What you are asked to do — Write out the full set of records below exactly.

--- Material provided Enclosed Below ---

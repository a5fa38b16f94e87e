ghost use Rattle.std.specs.Prelude.{◌≡◌, ◌≤◌, [], None, length, option_map, vec_capacity, OnErr};
ghost use Rattle.br_model.specs.Answer.{Answers};
ghost use Rattle.br_model.specs.Console as model;
ghost use Rattle.br_mark.specs.Applied.{Applies};
ghost use Rattle.br_mark.specs.Fault.{cause};
ghost use Rattle.br_mark.specs.Said.{text_of};
ghost use Rattle.br_mark.specs.Seen.{answer_said, count_answer};

use crate::answer::Answer;
use crate::console_lines::{COUNT_LINE_LEN, push_count};
use crate::fault::MarkFault;
use br_tree::Tree;
use std::alloc::Global;

/// The word for paths that gained a mark.
const MARKED: &[u8] = b"marked";

/// The word for paths that lost a mark.
const UNMARKED: &[u8] = b"unmarked";

/// Returns the line for the number of paths that gained or lost a mark; `NoMatch` if none was
/// meant. There is room for the line.
fn counted(mut text: Vec<u8>, count: Option<u64>, word: &[u8]) -> Result<Answer, MarkFault>
    requires none { text.items ≡ [] }
    requires room { 64 ≤ vec_capacity text }
    requires short { length word.now ≤ 8 }
    ensures answers { Answers answer_said cause result (count_answer word.now count) }
    ensures sure { OnErr result (count ≡ None) }
{
    match count {
        None => Err(MarkFault::NoMatch),
        Some(count) => {
            push_count(&mut text, count, word)?;
            Ok(Answer::Text(text))
        }
    }
}

/// Marks the names in a directory that match, and all below the directories among them.
#[tactic(auto, unfolding(br_model::specs::Console::apply))]
pub(crate) fn mark(
    alloc: Global,
    tree: &mut Tree<'_>,
    directory: &[u8],
    pattern: &[u8],
) -> Result<Answer, MarkFault>
    ensures answers { Applies directory.now tree.old tree.new (model.Mark pattern.now) result }
    ensures view { tree.new.view ≡ tree.old.view }
    ensures err { OnErr result (tree.new ≡ tree.old) }
{
    let text = Vec::with_capacity(alloc, COUNT_LINE_LEN)?;
    let count = tree.mark(directory, pattern);
    counted(text, count, MARKED)
}

/// Unmarks the names in a directory that match, and all paths below the directories among them.
#[tactic(auto, unfolding(br_model::specs::Console::apply))]
pub(crate) fn unmark(
    alloc: Global,
    tree: &mut Tree<'_>,
    directory: &[u8],
    pattern: &[u8],
) -> Result<Answer, MarkFault>
    ensures answers { Applies directory.now tree.old tree.new (model.Unmark pattern.now) result }
    ensures view { tree.new.view ≡ tree.old.view }
    ensures err { OnErr result (tree.new ≡ tree.old) }
{
    let text = Vec::with_capacity(alloc, COUNT_LINE_LEN)?;
    let count = tree.unmark(directory, pattern);
    counted(text, count, UNMARKED)
}

/// Returns the bytes of a pattern, if there is one.
fn bytes_of(pattern: &Option<Vec<u8>>) -> Option<&[u8]>
    ensures { option_map (λ p. p.now) result ≡ text_of pattern.now }
{
    match pattern {
        Some(pattern) => Some(pattern.as_slice()),
        None => None,
    }
}

/// Marks the directories that match, or the directory itself without a pattern, and nothing below.
#[tactic(auto, unfolding(br_model::specs::Console::apply))]
pub(crate) fn mark_dir(
    alloc: Global,
    tree: &mut Tree<'_>,
    directory: &[u8],
    pattern: &Option<Vec<u8>>,
) -> Result<Answer, MarkFault>
    ensures answers { Applies directory.now tree.old tree.new (model.MarkDir (text_of pattern.now)) result }
    ensures view { tree.new.view ≡ tree.old.view }
    ensures err { OnErr result (tree.new ≡ tree.old) }
{
    let text = Vec::with_capacity(alloc, COUNT_LINE_LEN)?;
    let count = tree.mark_dir(directory, bytes_of(pattern));
    counted(text, count, MARKED)
}

/// Unmarks the directories that match, or the directory itself without a pattern; nothing below.
#[tactic(auto, unfolding(br_model::specs::Console::apply))]
pub(crate) fn unmark_dir(
    alloc: Global,
    tree: &mut Tree<'_>,
    directory: &[u8],
    pattern: &Option<Vec<u8>>,
) -> Result<Answer, MarkFault>
    ensures answers { Applies directory.now tree.old tree.new (model.UnmarkDir (text_of pattern.now)) result }
    ensures view { tree.new.view ≡ tree.old.view }
    ensures err { OnErr result (tree.new ≡ tree.old) }
{
    let text = Vec::with_capacity(alloc, COUNT_LINE_LEN)?;
    let count = tree.unmark_dir(directory, bytes_of(pattern));
    counted(text, count, UNMARKED)
}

--- End of Enclosed Material provided ---

Result for this task —
repository a5fa38b16f94e87e
ghost use Rattle.std.specs.Prelude.{◌≡◌, ◌≤◌, [], None, length, option_map, vec_capacity, OnErr};
ghost use Rattle.br_model.specs.Answer.{Answers};
ghost use Rattle.br_model.specs.Console as model;
ghost use Rattle.br_mark.specs.Applied.{Applies};
ghost use Rattle.br_mark.specs.Fault.{cause};
ghost use Rattle.br_mark.specs.Said.{text_of};
ghost use Rattle.br_mark.specs.Seen.{answer_said, count_answer};

use crate::answer::Answer;
use crate::console_lines::{COUNT_LINE_LEN, push_count};
use crate::fault::MarkFault;
use br_tree::Tree;
use std::alloc::Global;

/// The word for paths that gained a mark.
const MARKED: &[u8] = b"marked";

/// The word for paths that lost a mark.
const UNMARKED: &[u8] = b"unmarked";

/// Returns the line for the number of paths that gained or lost a mark; `NoMatch` if none was
/// meant. There is room for the line.
fn counted(mut text: Vec<u8>, count: Option<u64>, word: &[u8]) -> Result<Answer, MarkFault>
    requires none { text.items ≡ [] }
    requires room { 64 ≤ vec_capacity text }
    requires short { length word.now ≤ 8 }
    ensures answers { Answers answer_said cause result (count_answer word.now count) }
    ensures sure { OnErr result (count ≡ None) }
{
    match count {
        None => Err(MarkFault::NoMatch),
        Some(count) => {
            push_count(&mut text, count, word)?;
            Ok(Answer::Text(text))
        }
    }
}

/// Marks the names in a directory that match, and all below the directories among them.
#[tactic(auto, unfolding(br_model::specs::Console::apply))]
pub(crate) fn mark(
    alloc: Global,
    tree: &mut Tree<'_>,
    directory: &[u8],
    pattern: &[u8],
) -> Result<Answer, MarkFault>
    ensures answers { Applies directory.now tree.old tree.new (model.Mark pattern.now) result }
    ensures view { tree.new.view ≡ tree.old.view }
    ensures err { OnErr result (tree.new ≡ tree.old) }
{
    let text = Vec::with_capacity(alloc, COUNT_LINE_LEN)?;
    let count = tree.mark(directory, pattern);
    counted(text, count, MARKED)
}

/// Unmarks the names in a directory that match, and all paths below the directories among them.
#[tactic(auto, unfolding(br_model::specs::Console::apply))]
pub(crate) fn unmark(
    alloc: Global,
    tree: &mut Tree<'_>,
    directory: &[u8],
    pattern: &[u8],
) -> Result<Answer, MarkFault>
    ensures answers { Applies directory.now tree.old tree.new (model.Unmark pattern.now) result }
    ensures view { tree.new.view ≡ tree.old.view }
    ensures err { OnErr result (tree.new ≡ tree.old) }
{
    let text = Vec::with_capacity(alloc, COUNT_LINE_LEN)?;
    let count = tree.unmark(directory, pattern);
    counted(text, count, UNMARKED)
}

/// Returns the bytes of a pattern, if there is one.
fn bytes_of(pattern: &Option<Vec<u8>>) -> Option<&[u8]>
    ensures { option_map (λ p. p.now) result ≡ text_of pattern.now }
{
    match pattern {
        Some(pattern) => Some(pattern.as_slice()),
        None => None,
    }
}

/// Marks the directories that match, or the directory itself without a pattern, and nothing below.
#[tactic(auto, unfolding(br_model::specs::Console::apply))]
pub(crate) fn mark_dir(
    alloc: Global,
    tree: &mut Tree<'_>,
    directory: &[u8],
    pattern: &Option<Vec<u8>>,
) -> Result<Answer, MarkFault>
    ensures answers { Applies directory.now tree.old tree.new (model.MarkDir (text_of pattern.now)) result }
    ensures view { tree.new.view ≡ tree.old.view }
    ensures err { OnErr result (tree.new ≡ tree.old) }
{
    let text = Vec::with_capacity(alloc, COUNT_LINE_LEN)?;
    let count = tree.mark_dir(directory, bytes_of(pattern));
    counted(text, count, MARKED)
}

/// Unmarks the directories that match, or the directory itself without a pattern; nothing below.
#[tactic(auto, unfolding(br_model::specs::Console::apply))]
pub(crate) fn unmark_dir(
    alloc: Global,
    tree: &mut Tree<'_>,
    directory: &[u8],
    pattern: &Option<Vec<u8>>,
) -> Result<Answer, MarkFault>
    ensures answers { Applies directory.now tree.old tree.new (model.UnmarkDir (text_of pattern.now)) result }
    ensures view { tree.new.view ≡ tree.old.view }
    ensures err { OnErr result (tree.new ≡ tree.old) }
{
    let text = Vec::with_capacity(alloc, COUNT_LINE_LEN)?;
    let count = tree.unmark_dir(directory, bytes_of(pattern));
    counted(text, count, UNMARKED)
}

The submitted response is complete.